Taken together, these findings suggest that the hydroethanolic extracts obtained through a green maceration process may combine chemical richness with biological safety, supporting further investigation into their potential as natural functional ingredients in sustainable food formulations.

4. Conclusions

This exploratory study provides evidence that Ilicitano freeze-dried date flour and its green hydroethanolic extracts may exhibit relevant nutritional and bioactive properties, suggesting their potential as functional food ingredients. The analyses revealed substantial nutritional value, particularly in carbohydrates, minerals, and phenolic compounds, with the D8 extract showing comparatively higher antioxidant activity and micronutrient levels. The absence of cytotoxic effects in Caco-2 cells suggests preliminary safety at the tested concentrations, although the elevated lead levels observed in D8 highlight the need for continued monitoring and additional safety evaluations.

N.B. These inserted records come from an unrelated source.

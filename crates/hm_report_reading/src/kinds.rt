// The words of an entry's line, read by the kind that they name.
ghost use Rattle.std.specs.Prelude.{◌≡◌, false, IfOk};
ghost use Rattle.hm_script.specs.Splitting.{word};
ghost use Rattle.hm_report_reading.specs.Kinds.{has_bytes, kind_at};
ghost use Rattle.hm_report_reading.specs.Words.{bytes_at, framed_place, place_at, why_at};

use crate::kind_word::KindWord;
use crate::words::{
    actor, byte, bytes, cause, device, frame, kept, mirror, own_place, page, part, proc, right,
    span, system_number, table_right, target, who, writes,
};
use hm_base::{Bytes, Frame, NoMemory, Place};
use hm_history::{KeptWhy, Kind};
use hm_script::{LineWords, Reason, address, number};
use std::alloc::Global;

/// A place with a frame, of this name.
fn framed_place(name: &[u8], frame: Frame, last: &[u8]) -> Result<Place, Reason>
    ensures { result ≡ framed_place name.now frame last.now }
{
    let writable = writes(last);
    if name == b"sys".as_slice() {
        let number = system_number(&frame)?;
        return Ok(Place::Sys { number, writable });
    }
    if name == b"own".as_slice() {
        return own_place(&frame, writable);
    }
    if name == b"moving".as_slice() {
        return Ok(Place::Moving { frame, writable });
    }
    let number = system_number(&frame)?;
    let actor = actor(last)?;
    Ok(Place::Exclusive { number, actor })
}

/// The words of an entry's line: its position, its actor, the kind's word, and what that kind tells.
#[derive(Drop)]
pub struct EntryWords<'a> {
    pub words: LineWords<'a>,
}
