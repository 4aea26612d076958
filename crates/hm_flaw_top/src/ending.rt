// How a call ends that has searched the races of drivers, if its text goes out whole.
ghost use Rattle.std.specs.Prelude.{◌≡◌};
ghost use Rattle.hm_edge.specs.Messages.{code_of};
ghost use Rattle.hm_flaw_search.specs.Outcomes.{answer_code};
ghost use Rattle.hm_race_top.specs.Telling.{IsEnding};
ghost use Rattle.hm_flaw_top.specs.Endings.{ending_by, ending_of, ending_of_all, has_code};

use crate::text::RuleAnswer;
use hm_edge::{RaceEnd, Status};
use hm_flaw_search::Answer;

/// How a call ends that found a driver which does what it must not do, or one of which that is not known.
fn ending_by(broken: bool, cut: bool) -> Status
    ensures same { result ≡ ending_by broken cut }
    ensures ends { IsEnding result }
{
    if broken {
        return Status::Race(RaceEnd::Broken);
    }
    if cut {
        return Status::Race(RaceEnd::Open);
    }
    Status::Done
}

/// How a call ends that says this of one driver. Its exit code is that of what was found.
pub(crate) fn ending_of(answer: &Answer) -> Status
    ensures same { result ≡ ending_of answer.now }
    ensures code { code_of result ≡ answer_code answer.now }
    ensures ends { IsEnding result }
{
    let code = answer.code();
    ending_by(code == 1, code == 10)
}

/// Whether one of the lines has this exit status.
fn has_code(code: u8, rows: &[RuleAnswer]) -> bool
    ensures { result ≡ has_code code rows.now }
{
    for row in rows {
        if row.answer.code() == code {
            return true;
        }
    }
    false
}

/// How a call ends that says this of several: by the worst of them.
pub(crate) fn ending_of_all(rows: &[RuleAnswer]) -> Status
    ensures same { result ≡ ending_of_all rows.now }
    ensures ends { IsEnding result }
{
    ending_by(has_code(1, rows), has_code(10, rows))
}
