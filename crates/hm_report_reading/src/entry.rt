// The words of an entry's line.
ghost use Rattle.std.specs.Prelude.{◌≡◌, ◌++◌, [], ℕ, List, IfOk, MatchOption};
ghost use Rattle.hm_script.specs.Splitting.{split};
ghost use Rattle.hm_report_reading.specs.Kinds.{entry_at};

use crate::kind_word::KindWord;
use crate::kinds::EntryWords;
use crate::words::actor;
use hm_base::NoMemory;
use hm_history::Entry;
use hm_script::{LineWords, Reason};
use std::alloc::Global;

/// What stands before this end, if the text has it.
pub(crate) fn strip_end<'a>(text: &'a [u8], end: &[u8]) -> Option<&'a [u8]>
    ensures { MatchOption result ((front : List ℕ) → text.now ≡ front ++ end.now → ⊥)
        (λ front. text.now ≡ front.now ++ end.now) }
{
    text.strip_suffix(end)
}

/// Reads the words of a line.
pub(crate) fn read_words(alloc: Global, line: &[u8]) -> Result<Result<Entry, Reason>, NoMemory>
    ensures { IfOk result (λ r. r ≡ entry_at (split line.now)) }
{
    let words = EntryWords {
        words: LineWords::of(line),
    };
    let actor = match actor(words.words.get(1)) {
        Ok(actor) => actor,
        Err(reason) => return Ok(Err(reason)),
    };
    let Some(word) = KindWord::named(words.words.get(2)) else {
        return Ok(Err(Reason::Word));
    };
    match words.read(alloc, word)? {
        Ok(kind) => Ok(Ok(Entry { actor, kind })),
        Err(reason) => Ok(Err(reason)),
    }
}
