// What holds of every line, and of the texts of all reports: laws in the contracts of functions that do nothing.
ghost use Rattle.std.specs.Prelude.{◌≡◌, ◌<◌, ◌^◌, ℕ, List};
ghost use Rattle.hm_base.specs.Program.{Program};
ghost use Rattle.hm_history.specs.declared.Entry.{Entry};
ghost use Rattle.hm_report.specs.Report.{entry_line, report};
ghost use Rattle.hm_report_reading.specs.Fits.{FitsEntry};
ghost use Rattle.hm_report_reading.specs.Texts.{HasText, text_of, unended};
ghost use Rattle.hm_report_reading.specs.declared.reader.Unfinished.{Unfinished};

/// Two entries with one line are equal.
pub fn one_line()
    ensures { (at : ℕ) (e f : Entry) → at < 2 ^ 64 → FitsEntry e → FitsEntry f → entry_line at e ≡ entry_line at f
        → e ≡ f }
{}

/// Two reports with one text are equal.
pub fn one_report()
    ensures { (c d : Program) (h g : List Entry) (us vs : List Unfinished) → HasText c h us → HasText d g vs
        → text_of c h us ≡ text_of d g vs → (c ≡ d) × (h ≡ g) × (us ≡ vs) }
{
    hm_script::one_text();
}

/// The text with the operations that the history has not ended is the history's report.
pub fn report_text()
    ensures { (c : Program) (h : List Entry) → text_of c h (unended c h) ≡ report c h }
{}
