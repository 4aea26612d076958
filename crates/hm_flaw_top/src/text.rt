// The words of a search for races of drivers with a flaw, and the texts of what it has found. Nothing here searches.

mod lines;
mod names;
mod table;
mod task;

pub use lines::answer_text;
pub use names::{all_flaws, names_are_theirs, part_name, rule_name, rule_named};
pub use table::{RuleAnswer, add_rule_line, rules_text};
pub use task::{BadWord, MOST_STATES, Task, Which, WordFault, task_of, words_are_tasks};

The combined assessment of flour and extract matrices provided an initial overview of the compositional and functional features of Elche dates, obtained through a sustainable, food-grade extraction process. The computer vision approach additionally supported the visual documentation of color and morphological variability, illustrating the link between phenotypic diversity and compositional differences within the palm grove.

Overall, these findings represent an exploratory but valuable contribution toward the characterization and potential valorization of non-commercial Elche dates. As the study was limited to one harvest season and a single geographic region, further research should include additional trees and seasons, assess bioaccessibility and extraction yield, and expand safety testing to other biological models to fully validate these results and their applicability in functional food development.